(Supplied records Opens)

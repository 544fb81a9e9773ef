//! How often messages tell each frequency channel of each slot of GLONASS.

ghost use Rattle.std.specs.Prelude.{◌≡◌, ◌≢◌, ◌<◌, ◌≤◌, ◌+◌, ℕ, true, false, List, [], ◌∷◌, OnOk};
ghost use Rattle.rtk_message.specs.declared.any_message.AnyMessage.{AnyMessage};
ghost use Rattle.rtk_obs.specs.Carriers.{IsSlot};
ghost use Rattle.rtk_survey.specs.Channels as spec;
ghost use Rattle.rtk_survey.specs.Counting.{shown_count};
ghost use Rattle.rtk_survey.specs.Steps.Fields.{TakesFields};
ghost use Rattle.rtk_survey.specs.declared.system_message.SystemMessage.{SystemMessage};

use crate::system_message::{SlotChannel, SystemMessage};
use crate::unread::{count_number, count_of_number};
use rtk_message::{AnyMessage, GlonassSatellite, Msm, System};
use std::alloc::{AllocError, Global};
use std::collections::BTreeMap;

/// The slots of GLONASS: 1 to 27.
pub(crate) const SLOTS: u8 = 28;

/// The fields that tell a channel (DF040): 0 to 20, 7 more than the channel.
pub(crate) const FIELDS: u16 = 21;

/// Those that tell a channel that RINEX has, -7 to +6: 0 to 13.
pub(crate) const CHANNELS: u8 = 14;

/// The field of an MSM (DF419) that tells no channel.
const UNKNOWN: u8 = 15;

/// The places of all slots and fields are below it.
pub(crate) const PLACES: u16 = 588;

// The mask has the bit of this slot.
fn has_slot_bit(mask: u64, slot: u8) -> bool
    requires { IsSlot slot }
    ensures { result ≡ spec.has_slot_bit mask slot }
{
    (mask >> (64 - slot)) % 2 == 1
}

// How many bits of the mask stand before that of this slot.
fn slots_before(mask: u64, slot: u8) -> usize
    requires { IsSlot slot }
    ensures { result ≡ spec.slots_before mask slot }
{
    ((mask >> (64 - slot)) / 2).count_ones() as usize
}

// The field of a slot, if the message has its satellite and such fields.
fn slot_field(message: &Msm, slot: u8) -> Option<u8>
    requires { IsSlot slot }
    ensures { result ≡ spec.slot_field message.now slot }
{
    let mask = message.header.satellite_mask;
    if has_slot_bit(mask, slot) {
        let row = slots_before(mask, slot);
        message.extended.as_slice().get(row).copied()
    } else {
        None
    }
}

fn is_glonass(system: System) -> bool
    ensures { result ≡ spec.is_glonass system }
{
    match system {
        System::Glonass => true,
        System::Gps
        | System::Galileo
        | System::Beidou
        | System::Qzss
        | System::Sbas
        | System::Navic => false,
    }
}

// The place under which a field of a slot is counted.
fn place_of_field(slot: u8, field: u8) -> u16
    ensures { result ≡ spec.place_of_field slot field }
{
    FIELDS * u16::from(slot) + u16::from(field)
}

// Does a field tell a channel?
fn is_channel_field(field: u8) -> bool
    ensures yes { result ≡ true → field < 21 }
    ensures no { result ≡ false → 21 ≤ field }
{
    u16::from(field) < FIELDS
}

// Counts a field of a slot, if it tells a channel.
fn count_field(counts: &mut BTreeMap<u16, u64>, slot: u8, field: u8) -> Result<(), AllocError>
    ensures own { OnOk result (field < 21 → spec.count_of_field counts.new slot field
        ≡ shown_count (spec.count_of_field counts.old slot field + 1)) }
    ensures others { OnOk result ((s f : ℕ) → f < 21 → (s ≡ slot → f ≢ field)
        → spec.count_of_field counts.new s f ≡ spec.count_of_field counts.old s f) }
{
    if is_channel_field(field) {
        count_number(counts, place_of_field(slot, field))
    } else {
        Ok(())
    }
}

// The field of the first satellite of a slot.
fn field_in_1012(satellites: &[GlonassSatellite], slot: u8) -> Option<u8>
    ensures { result ≡ spec.field_in_1012 slot satellites.now }
{
    for satellite in satellites {
        if satellite.slot == slot {
            return Some(satellite.channel);
        }
    }
    None
}

// The field, if it tells a channel in an MSM.
fn if_channel(field: Option<u8>) -> Option<u8>
    ensures { result ≡ spec.if_channel field }
{
    match field {
        Some(field) if field != UNKNOWN => Some(field),
        _ => None,
    }
}

fn field_in_msm(message: &Msm, slot: u8) -> Option<u8>
    requires { IsSlot slot }
    ensures { result ≡ spec.field_in_msm message.now slot }
{
    if is_glonass(message.system) {
        if_channel(slot_field(message, slot))
    } else {
        None
    }
}

/// The field of a slot, if the message is of GLONASS and has it.
pub(crate) fn field_told(message: &AnyMessage, slot: u8) -> Option<u8>
    requires { IsSlot slot }
    ensures { result ≡ spec.field_told message.now slot }
{
    match message {
        AnyMessage::Message(_) => None,
        AnyMessage::Msm(message) => field_in_msm(message, slot),
        AnyMessage::Obs1012(message) => field_in_1012(message.satellites.as_slice(), slot),
    }
}

// Counts the field of a slot, if the message has it.
fn take_slot(
    counts: &mut BTreeMap<u16, u64>,
    message: &AnyMessage,
    slot: u8,
) -> Result<(), AllocError>
    requires { IsSlot slot }
    ensures own { OnOk result ((f : ℕ) → f < 21 → spec.tells_field slot f message.now ≡ true
        → spec.count_of_field counts.new slot f ≡ shown_count (spec.count_of_field counts.old slot f + 1)) }
    ensures others { OnOk result ((s f : ℕ) → f < 21 → (s ≡ slot → spec.tells_field s f message.now ≡ false)
        → spec.count_of_field counts.new s f ≡ spec.count_of_field counts.old s f) }
{
    match field_told(message, slot) {
        Some(field) => count_field(counts, slot, field),
        None => Ok(()),
    }
}

// Counts the fields of all slots.
fn take_slots(counts: &mut BTreeMap<u16, u64>, message: &AnyMessage) -> Result<(), AllocError>
    ensures { OnOk result (TakesFields (λ slot field. spec.tells_field slot field message.now) counts.old counts.new) }
{
    for slot in 1u8..SLOTS {
        take_slot(counts, message, slot)?;
    }
    Ok(())
}

/// No message came.
pub(crate) fn no_channels_told(alloc: Global) -> BTreeMap<u16, u64>
    ensures { spec.CountsChannels result [] }
{
    BTreeMap::new(alloc)
}

/// Has a message of GLONASS fields that tell channels? An MSM4 or MSM6 has none.
pub(crate) fn tells_channels(message: &AnyMessage) -> bool
    ensures { result ≡ spec.tells_channels message.now }
{
    match message {
        AnyMessage::Message(_) => false,
        AnyMessage::Msm(message) => is_glonass(message.system) && message.extended.len() != 0,
        AnyMessage::Obs1012(_) => true,
    }
}

/// Counts the channels that a message tells.
pub(crate) fn take_channels(
    counts: &mut BTreeMap<u16, u64>,
    message: &AnyMessage,
) -> Result<(), AllocError>
    ensures { OnOk result ((ms : List AnyMessage) → spec.CountsChannels counts.old ms → spec.CountsChannels counts.new (message.now ∷ ms)) }
{
    if tells_channels(message) {
        take_slots(counts, message)
    } else {
        Ok(())
    }
}

// Counts the channel that a 1020 tells.
fn take_told(counts: &mut BTreeMap<u16, u64>, told: SlotChannel) -> Result<(), AllocError>
    ensures { OnOk result (TakesFields (spec.tells_slot_channel told) counts.old counts.new) }
{
    if told.slot < SLOTS {
        count_field(counts, told.slot, told.field)
    } else {
        Ok(())
    }
}

// The channel that a message tells, if it is a 1020.
fn slot_channel_in(message: &SystemMessage) -> Option<SlotChannel>
    ensures { result ≡ spec.slot_channel_in message.now }
{
    match message {
        SystemMessage::Slot(told) => Some(*told),
        SystemMessage::Week(_) | SystemMessage::Leap(_) => None,
    }
}

/// No 1020 came.
pub(crate) fn no_slots_told(alloc: Global) -> BTreeMap<u16, u64>
    ensures { spec.CountsSlots result [] }
{
    BTreeMap::new(alloc)
}

/// Counts the channel that a message tells, if it is a 1020.
pub(crate) fn take_slot_channel(
    counts: &mut BTreeMap<u16, u64>,
    message: &SystemMessage,
) -> Result<(), AllocError>
    ensures { OnOk result ((ts : List SystemMessage) → spec.CountsSlots counts.old ts → spec.CountsSlots counts.new (message.now ∷ ts)) }
{
    match slot_channel_in(message) {
        Some(told) => take_told(counts, told),
        None => Ok(()),
    }
}

/// How many messages tell a field (0 to 20, 7 more than the channel) of a slot (1 to 27), by their counts.
pub fn count_of_field(counts: &BTreeMap<u16, u64>, slot: u8, field: u8) -> u64
    ensures { result ≡ spec.count_of_field counts.now slot field }
{
    count_of_number(counts, place_of_field(slot, field))
}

(Supplied records Closes)

What this task involves ▸ Print exactly the lines from the beginning of the entries through the line with "fn slot_field(message: &Msm, slot: u8)". Output nothing more.

Response to this exercise ▸
repository 544fb81a9e9773ef
//! How often messages tell each frequency channel of each slot of GLONASS.

ghost use Rattle.std.specs.Prelude.{◌≡◌, ◌≢◌, ◌<◌, ◌≤◌, ◌+◌, ℕ, true, false, List, [], ◌∷◌, OnOk};
ghost use Rattle.rtk_message.specs.declared.any_message.AnyMessage.{AnyMessage};
ghost use Rattle.rtk_obs.specs.Carriers.{IsSlot};
ghost use Rattle.rtk_survey.specs.Channels as spec;
ghost use Rattle.rtk_survey.specs.Counting.{shown_count};
ghost use Rattle.rtk_survey.specs.Steps.Fields.{TakesFields};
ghost use Rattle.rtk_survey.specs.declared.system_message.SystemMessage.{SystemMessage};

use crate::system_message::{SlotChannel, SystemMessage};
use crate::unread::{count_number, count_of_number};
use rtk_message::{AnyMessage, GlonassSatellite, Msm, System};
use std::alloc::{AllocError, Global};
use std::collections::BTreeMap;

/// The slots of GLONASS: 1 to 27.
pub(crate) const SLOTS: u8 = 28;

/// The fields that tell a channel (DF040): 0 to 20, 7 more than the channel.
pub(crate) const FIELDS: u16 = 21;

/// Those that tell a channel that RINEX has, -7 to +6: 0 to 13.
pub(crate) const CHANNELS: u8 = 14;

/// The field of an MSM (DF419) that tells no channel.
const UNKNOWN: u8 = 15;

/// The places of all slots and fields are below it.
pub(crate) const PLACES: u16 = 588;

// The mask has the bit of this slot.
fn has_slot_bit(mask: u64, slot: u8) -> bool
    requires { IsSlot slot }
    ensures { result ≡ spec.has_slot_bit mask slot }
{
    (mask >> (64 - slot)) % 2 == 1
}

// How many bits of the mask stand before that of this slot.
fn slots_before(mask: u64, slot: u8) -> usize
    requires { IsSlot slot }
    ensures { result ≡ spec.slots_before mask slot }
{
    ((mask >> (64 - slot)) / 2).count_ones() as usize
}

// The field of a slot, if the message has its satellite and such fields.
fn slot_field(message: &Msm, slot: u8) -> Option<u8>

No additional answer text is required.